An economist will argue, from his armchair, that this is the way markets work.  I will argue, in turn, that he, like most armchair economists, should go to hell. I am a hobby economist, so I guess I can pass judgement without indicting myself.

The story is familiar: the price of ragi collapsed at the time of harvest this January and has inched back to about Rs 25 a kilo.  At that price, the few farmers who grow an acre of ragi will make a return of around Rs 8000 in six months – the family pitches in with labour (that is not added in the calc) and the male farmer spends two cold winter months guarding the crop at night from a machan on a tree (which is why we have some big trees left), for elephants and wild boar will visit with food on their mind.  

The Minimum Support Price for ragi is close to Rs 34 a kilo, but the TN Government has never bought ragi from farmers.  Never.

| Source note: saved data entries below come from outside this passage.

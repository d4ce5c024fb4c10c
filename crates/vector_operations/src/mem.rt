// Unit-stride vector loads and stores.
ghost use Rattle.std.specs.Prelude.{◌≡◌, Some};
ghost use Rattle.operations.specs.Manual.{operations};
ghost use Rattle.operations.specs.Names.{named};
ghost use Rattle.vector_operations.specs.Names.{VecMemOp-name};
ghost use Rattle.vector_operations.specs.Codes.{form_named};

use crate::vector::VecInstOverlapInfo;
use args::VecElementWidth;
use operands::masking::VecOpMasking;
use operations::operation::Operation;
use operations::row::Form;
use operations::table::form_of;

// The places of the first load and the first store in the table.
const FIRST_LOAD: usize = 190;

const FIRST_STORE: usize = 194;

// A load or a store, by the width of an element.
#[derive(Clone, Copy, PartialEq, Eq, Debug)]
pub enum VecMemOp {
    Load(VecElementWidth),
    Store(VecElementWidth),
}

impl VecMemOp {
    // The row of the table that has its name.
    #[tactic(auto, using(crate::proofs::Places::load_place, crate::proofs::Places::store_place))]
    pub fn operation(self) -> Operation
        ensures { Some result.place ≡ named operations (VecMemOp-name self) }
    {
        let place = match self {
            VecMemOp::Load(width) => FIRST_LOAD + width as usize,
            VecMemOp::Store(width) => FIRST_STORE + width as usize,
        };
        Operation { place }
    }

    // What the table says of it.
    pub fn form(self) -> Form
        ensures { result ≡ form_named (VecMemOp-name self) }
    {
        form_of(self.operation())
    }
}

impl VecInstOverlapInfo for VecMemOp {
    ghost forbids = { λ op. (form_named (VecMemOp-name op)).forbids };

    fn forbids_src_dst_overlaps(&self) -> bool {
        self.form().forbids.sources
    }

    fn forbids_mask_dst_overlaps(&self) -> bool {
        self.form().forbids.mask
    }

    fn forbids_overlaps(&self, mask: &VecOpMasking) -> bool {
        self.forbids_src_dst_overlaps() || (mask.is_enabled() && self.forbids_mask_dst_overlaps())
    }
}
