//! The vector operations: their names, codes and categories, and which overlaps they forbid.
#![tactic(auto)]

pub mod mem;
pub mod rr_imm5;
pub mod rrr;
pub mod rrr_imm5;
pub mod rrrr;
pub mod vector;
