// Vector arithmetic on two registers.
ghost use Rattle.std.specs.Prelude.{◌≡◌, true, Some};
ghost use Rattle.vector_operations.specs.Names.{VecAluOpRRR-name};
ghost use Rattle.vector_operations.specs.Codes.{form_named, class_of};

use crate::vector::{VecAluOp, VecInstOverlapInfo, class_in};
use operands::masking::VecOpMasking;
use operands::regs::Class;
use operations::operation::Operation;

// The place of the first of them in the table.
const FIRST: usize = 36;

#[derive(Clone, Copy, PartialEq, Eq, Debug)]
pub enum VecAluOpRRR {
    VaddVV,
    VaddVX,
    VfaddVV,
    VfaddVF,
    VsubVV,
    VsubVX,
    VfsubVV,
    VfsubVF,
    VrsubVX,
    VmulVV,
    VmulVX,
    VmulhVV,
    VmulhVX,
    VmulhuVV,
    VmulhuVX,
    VfmulVV,
    VfmulVF,
    VsmulVV,
    VsmulVX,
    VsllVV,
    VsllVX,
    VsrlVV,
    VsrlVX,
    VsraVV,
    VsraVX,
    VandVV,
    VandVX,
    VorVV,
    VorVX,
    VxorVV,
    VxorVX,
    VminuVV,
    VminuVX,
    VredminuVS,
    VminVV,
    VminVX,
    VmaxuVV,
    VmaxuVX,
    VredmaxuVS,
    VmaxVV,
    VmaxVX,
    VslidedownVX,
    VfrsubVF,
    VmergeVVM,
    VmergeVXM,
    VfmergeVFM,
    VcompressVM,
    VfdivVV,
    VfdivVF,
    VsadduVV,
    VsadduVX,
    VfrdivVF,
    VsaddVV,
    VsaddVX,
    VfminVV,
    VfmaxVV,
    VssubuVV,
    VssubuVX,
    VssubVV,
    VssubVX,
    VfsgnjVV,
    VfsgnjVF,
    VfsgnjnVV,
    VfsgnjxVV,
    VrgatherVV,
    VrgatherVX,
    VwadduVV,
    VwadduVX,
    VwaddVV,
    VwaddVX,
    VwsubuVV,
    VwsubuVX,
    VwsubVV,
    VwsubVX,
    VwadduWV,
    VwadduWX,
    VwaddWV,
    VwaddWX,
    VwsubuWV,
    VwsubuWX,
    VwsubWV,
    VwsubWX,
    VmseqVV,
    VmseqVX,
    VmfeqVV,
    VmfeqVF,
    VmsneVV,
    VmsneVX,
    VmfleVV,
    VmfleVF,
    VmandMM,
    VmsltuVV,
    VmsltuVX,
    VmorMM,
    VmsltVV,
    VmsltVX,
    VmfltVV,
    VmfltVF,
    VmsleuVV,
    VmsleuVX,
    VmfneVV,
    VmfneVF,
    VmsleVV,
    VmsleVX,
    VmfgtVF,
    VmnandMM,
    VmsgtuVX,
    VmnorMM,
    VmsgtVX,
    VmfgeVF,
    VandnVV,
    VandnVX,
    VrorVV,
    VrorVX,
    VrolVV,
    VrolVX,
}

impl VecAluOp for VecAluOpRRR {
    ghost name = { VecAluOpRRR-name };

    ghost register = { true };

    #[tactic(auto, using(crate::proofs::Places::rrr_place))]
    fn operation(self) -> Operation {
        Operation {
            place: FIRST + self as usize,
        }
    }
}

impl VecAluOpRRR {
    // The class of the register in the place of vs1.
    pub fn vs1_regclass(&self) -> Class
        ensures { Some result ≡ class_of (form_named (VecAluOpRRR-name self.now)).a }
    {
        class_in(&self.form())
    }
}

impl VecInstOverlapInfo for VecAluOpRRR {
    ghost forbids = { λ op. (form_named (VecAluOpRRR-name op)).forbids };

    fn forbids_src_dst_overlaps(&self) -> bool {
        self.form().forbids.sources
    }

    fn forbids_mask_dst_overlaps(&self) -> bool {
        self.form().forbids.mask
    }

    fn forbids_overlaps(&self, mask: &VecOpMasking) -> bool {
        self.forbids_src_dst_overlaps() || (mask.is_enabled() && self.forbids_mask_dst_overlaps())
    }
}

So, these farmers – call them the Last Resistance - grow ragi for their daily mudde, and for the stalk that is fed to cattle: milk provides them their weekly cash flow and insurance. The surplus ragi – heaps of it – is sold to middlemen, often to repay a debt.  
Ragi is a perfect crop: hardy, with minimal irrigation needs, no pesticide and sparse fertiliser, if any.  As nutrition, it cannot get better.  Much of this is true for all our millets, each of which is now, in the hyperbolic symbolism used by modern day dieticians, a Super-Food.

Try telling a farmer this, when he gets twenty five bucks a kilo. 
.…and, oh, lest I forget, on Flipkart, ragi flour sells for between Rs 90 and Rs 200 a kilo.

Make a difference: buy ragi from the family that grows it or a farmers’ collective, at market price.  
And do take their photo, for they are heroes, no less.